[ASSIGNED TASK]: Given the records below, would you repeat exactly the lines that begin at the one containing "if !(is_open(bytes[0]) &&" and end at the one containing "let shard = BigEndian::read_u32(&bytes[17..21]);", inclusive?

[MATERIAL FOR THIS EXERCISE]:
+++

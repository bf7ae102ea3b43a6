// Which shard of a set a key belongs to.
ghost use Rattle.std.specs.Prelude.{◌≡◌, ◌<◌};
ghost use Rattle.silt_shards.specs.Routing.{only_shard, shard_of};

use byteorder::{BigEndian, ByteOrder};
use silt_event::Event;
use silt_frame::Key;

/// The fewest shards of a set.
pub const LEAST_SHARDS: u32 = 2;

/// The most shards of a set.
pub const MOST_SHARDS: u32 = 64;

/// The shard of a key in a set of this many shards: bytes 4 to 7 of the key as a big-endian number, modulo the number of
/// shards. So keys are spread over the shards if these bytes are, as in a digest.
pub fn shard_of(count: u32, key: &Key) -> u32
    requires { 0 < count }
    ensures shard { result ≡ shard_of count key.now }
    ensures within { result < count }
{
    BigEndian::read_u32(&key.0[4..8]) % count
}

// The shard that alone does an event: that of its key, if it has one.
pub fn only_shard(count: u32, event: &Event) -> Option<u32>
    requires { 0 < count }
    ensures { result ≡ only_shard count event.now }
{
    match event {
        Event::Put(key, _) => Some(shard_of(count, key)),
        Event::Delete(key) => Some(shard_of(count, key)),
        Event::Swap(key, _, _) => Some(shard_of(count, key)),
        Event::Get(key) => Some(shard_of(count, key)),
        Event::Flush | Event::Convert | Event::Merge => None,
    }
}
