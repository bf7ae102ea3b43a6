// The mark of a file, which says of which set it is a shard, and which one.
ghost use Rattle.std.specs.Prelude.{◌≡◌, ◌+◌, ◌∷◌, ◌≤◌, IsTrue, IfOk, IfErr, OnOk};
ghost use Rattle.silt_disk.specs.Disk.{GaveAny, LeavesOnly, Rests, size};
ghost use Rattle.silt_disk.specs.Layout.{Shape};
ghost use Rattle.silt_disk.specs.Wrote.{Wrote};
ghost use Rattle.silt_event.specs.Commands.{Map};
ghost use Rattle.silt_image.specs.Meaning.{StandsFor};
ghost use Rattle.silt_shards.specs.Marks.{IsHalfMarked, IsShardMark, IsMarkClosed, IsMarkedOrNot, is_shard, mark_at, mark_bytes, mark_len, marking_in, marking_of};
ghost use Rattle.silt_shards.specs.declared.mark.Marking.TheVariants.{Unmarked, Marked};

use crate::shard_key::{LEAST_SHARDS, MOST_SHARDS};
use byteorder::{BigEndian, ByteOrder};
use silt_disk::{Disk, write_synced};
use silt_frame::{COMMIT_CLOSED, COMMIT_OPEN, is_open};

// Where the mark of a file begins: in the first sector, behind the header. Nothing else of a store is there.
const MARK_AT: u64 = 2_048;

// The length of a mark, its commit byte included.
const MARK_LEN: usize = 37;

// The magic bytes follow the mark's commit byte.
const MAGIC: [u8; 8] = *b"SILTSHRD";

// The version of the mark's form.
const VERSION: u32 = 1;

/// Which shard of which set a file is.
#[derive(Clone, Copy, Debug, PartialEq, Eq)]
pub struct Mark {
    /// The number of shards of the set, from 2 to 64.
    pub count: u32,
    /// The number of this shard, from 0 on.
    pub shard: u32,
    /// Random bytes, which all files of the set share, and no other file has.
    pub set: [u8; 16],
}

/// What a file says of its place in a set.
#[derive(Clone, Copy, Debug, PartialEq, Eq)]
pub enum Marking {
    /// It has no mark: it is a store of its own, or none.
    Unmarked,
    /// It has a mark of another version, or one whose numbers are those of no shard.
    Unknown,
    /// It is this shard.
    Marked(Mark),
}

// Whether a set of so many shards has this one.
fn is_shard(count: u32, shard: u32) -> bool
    ensures { result ≡ is_shard count shard }
{
    count >= LEAST_SHARDS && count <= MOST_SHARDS && shard < count
}

// What these bytes say.
fn marking_in(bytes: &[u8; MARK_LEN]) -> Marking
    ensures { result ≡ marking_in bytes.now }
{
    if !(is_open(bytes[0]) && &bytes[1..9] == MAGIC.as_slice()) {
        return Marking::Unmarked;
    }
    let count = BigEndian::read_u32(&bytes[13..17]);
    let shard = BigEndian::read_u32(&bytes[17..21]);
    if !(BigEndian::read_u32(&bytes[9..13]) == VERSION && is_shard(count, shard)) {
        return Marking::Unknown;
    }
    let mut set = [0; 16];
    set.copy_from_slice(&bytes[21..37]);
    Marking::Marked(Mark { count, shard, set })
}

// The bytes of a mark after its commit byte.
pub(crate) fn mark_bytes(mark: &Mark) -> [u8; MARK_LEN - 1]
    requires { IsShardMark mark.now }
    ensures { result ≡ mark_bytes mark.now }
{
    let mut bytes = [0; MARK_LEN - 1];
    let (magic, rest) = bytes.split_at_mut(8);
    magic.copy_from_slice(&MAGIC);
    let (version, rest) = rest.split_at_mut(4);
    BigEndian::write_u32(version, VERSION);
    let (count, rest) = rest.split_at_mut(4);
    BigEndian::write_u32(count, mark.count);
    let (shard, set) = rest.split_at_mut(4);
    BigEndian::write_u32(shard, mark.shard);
    set.copy_from_slice(&mark.set);
    bytes
}

/// What a file says of its place in a set. A file that is too short for a mark has none.
///
/// # Errors
///
/// The fault of the read.
pub fn read_mark<D: Disk>(disk: &D) -> Result<Marking, D::Fault>
    ensures marking { IsTrue (D.content disk.now).honest → IfOk result (λ marking. marking ≡ marking_of (D.content disk.now).shown) }
    ensures fault { IfErr result (GaveAny D.gave disk.now) }
{
    if disk.len() < MARK_AT + MARK_LEN as u64 {
        return Ok(Marking::Unmarked);
    }
    let mut bytes = [0; MARK_LEN];
    disk.read(MARK_AT, &mut bytes)?;
    Ok(marking_in(&bytes))
}

/// Closes the commit byte of a file's mark, so that the file has none. It makes one write and one sync. The store
/// in the file stays what it is.
///
/// # Errors
///
/// The fault of the write or the sync. Each crash image that is then possible was possible before, but for the commit byte.
pub fn close_mark<D: Disk>(disk: &mut D) -> Result<(), D::Fault>
    requires { mark_at + mark_len ≤ size (D.content disk.old) }
    ensures wrote { Wrote D.Disk mark_at 1 1 1 disk.old disk.new result }
    ensures closed { OnOk result (LeavesOnly (D.content disk.new) IsMarkClosed) }
    ensures unmarked { OnOk result (LeavesOnly (D.content disk.new) (λ image. marking_of image ≡ Unmarked)) }
    ensures stands { (shape : Shape) (map : Map) → LeavesOnly (D.content disk.old) (StandsFor shape map) → LeavesOnly (D.content disk.new) (StandsFor shape map) }
    ensures rests { OnOk result (Rests (D.content disk.new)) }
    ensures fault { IfErr result (GaveAny D.gave disk.new) }
{
    write_synced(disk, MARK_AT, &[COMMIT_CLOSED])?;
    Ok(())
}

// Writes a mark behind its closed commit byte, and then opens that byte, each with a sync.
fn write_behind<D: Disk>(disk: &mut D, mark: &Mark) -> Result<(), D::Fault>
    requires size { mark_at + mark_len ≤ size (D.content disk.old) }
    requires mark { IsShardMark mark.now }
    requires closed { LeavesOnly (D.content disk.old) IsMarkClosed }
    ensures wrote { Wrote D.Disk mark_at mark_len 2 2 disk.old disk.new result }
    ensures marked { OnOk result (LeavesOnly (D.content disk.new) (λ image. marking_of image ≡ Marked mark.now)) }
    ensures stopped { LeavesOnly (D.content disk.new) (IsMarkedOrNot mark.now) }
    ensures rests { OnOk result (Rests (D.content disk.new)) }
{
    let bytes = mark_bytes(mark);
    write_synced(disk, MARK_AT + 1, &bytes)?;
    write_synced(disk, MARK_AT, &[COMMIT_OPEN])?;
    Ok(())
}

/// Makes a file this shard. It first closes the commit byte of its mark, so that a crash leaves the file with no mark or with the
/// whole one. It makes three writes and three syncs. The store in the file stays what it is.
///
/// # Errors
///
/// The fault of a write or a sync. Each crash image that is then possible has no mark, or this one, or it was possible
/// before, but for the commit byte.
pub fn write_mark<D: Disk>(disk: &mut D, mark: &Mark) -> Result<(), D::Fault>
    requires size { mark_at + mark_len ≤ size (D.content disk.old) }
    requires mark { IsShardMark mark.now }
    ensures wrote { Wrote D.Disk mark_at mark_len 3 3 disk.old disk.new result }
    ensures marked { OnOk result (LeavesOnly (D.content disk.new) (λ image. marking_of image ≡ Marked mark.now)) }
    ensures stopped { LeavesOnly (D.content disk.new) (IsHalfMarked (D.content disk.old) mark.now) }
    ensures stands { (shape : Shape) (map : Map) → LeavesOnly (D.content disk.old) (StandsFor shape map) → LeavesOnly (D.content disk.new) (StandsFor shape map) }
    ensures rests { OnOk result (Rests (D.content disk.new)) }
    ensures fault { IfErr result (GaveAny D.gave disk.new) }
{
    close_mark(disk)?;
    write_behind(disk, mark)?;
    Ok(())
}
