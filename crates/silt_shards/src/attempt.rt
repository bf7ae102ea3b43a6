// An attempt to open the store on a disk.
ghost use Rattle.silt_shards.specs.Attempts.{GivesFor, IsAttemptOn};

use silt_disk::Disk;
use silt_store_set::{Core, OpenFault};
use std::alloc::Global;
use std::mem;

/// An attempt to open the store on a disk.
#[derive(Drop)]
pub enum Attempt<D: Disk> {
    /// It is still to be made.
    Due(D),
    /// It was made, and gave this.
    Made(Result<Core<D>, OpenFault<D>>),
    /// It was taken away, to make it.
    Taken,
}

impl<D: Disk> Attempt<D> {
    // Makes the attempt, if it is due.
    pub(crate) fn make(&mut self, alloc: Global)
        ensures { (disk : D) → IsAttemptOn D.Disk disk self.old → IsAttemptOn D.Disk disk self.new }
    {
        match mem::replace(self, Attempt::Taken) {
            Attempt::Due(disk) => *self = Attempt::Made(Core::open(alloc, disk)),
            made => *self = made,
        }
    }

    // What the attempt gives. It is made now, if it is still due.
    pub(crate) fn outcome(self, alloc: Global) -> Result<Core<D>, OpenFault<D>>
        requires { (disk : D) × IsAttemptOn D.Disk disk self }
        ensures { (disk : D) → IsAttemptOn D.Disk disk self → GivesFor D.Disk disk result }
    {
        match self {
            Attempt::Due(disk) => Core::open(alloc, disk),
            Attempt::Made(result) => result,
            Attempt::Taken => unreachable!(),
        }
    }
}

+++

[FINISHED EXERCISE]:
    if !(is_open(bytes[0]) && &bytes[1..9] == MAGIC.as_slice()) {
        return Marking::Unmarked;
    }
    let count = BigEndian::read_u32(&bytes[13..17]);
    let shard = BigEndian::read_u32(&bytes[17..21]);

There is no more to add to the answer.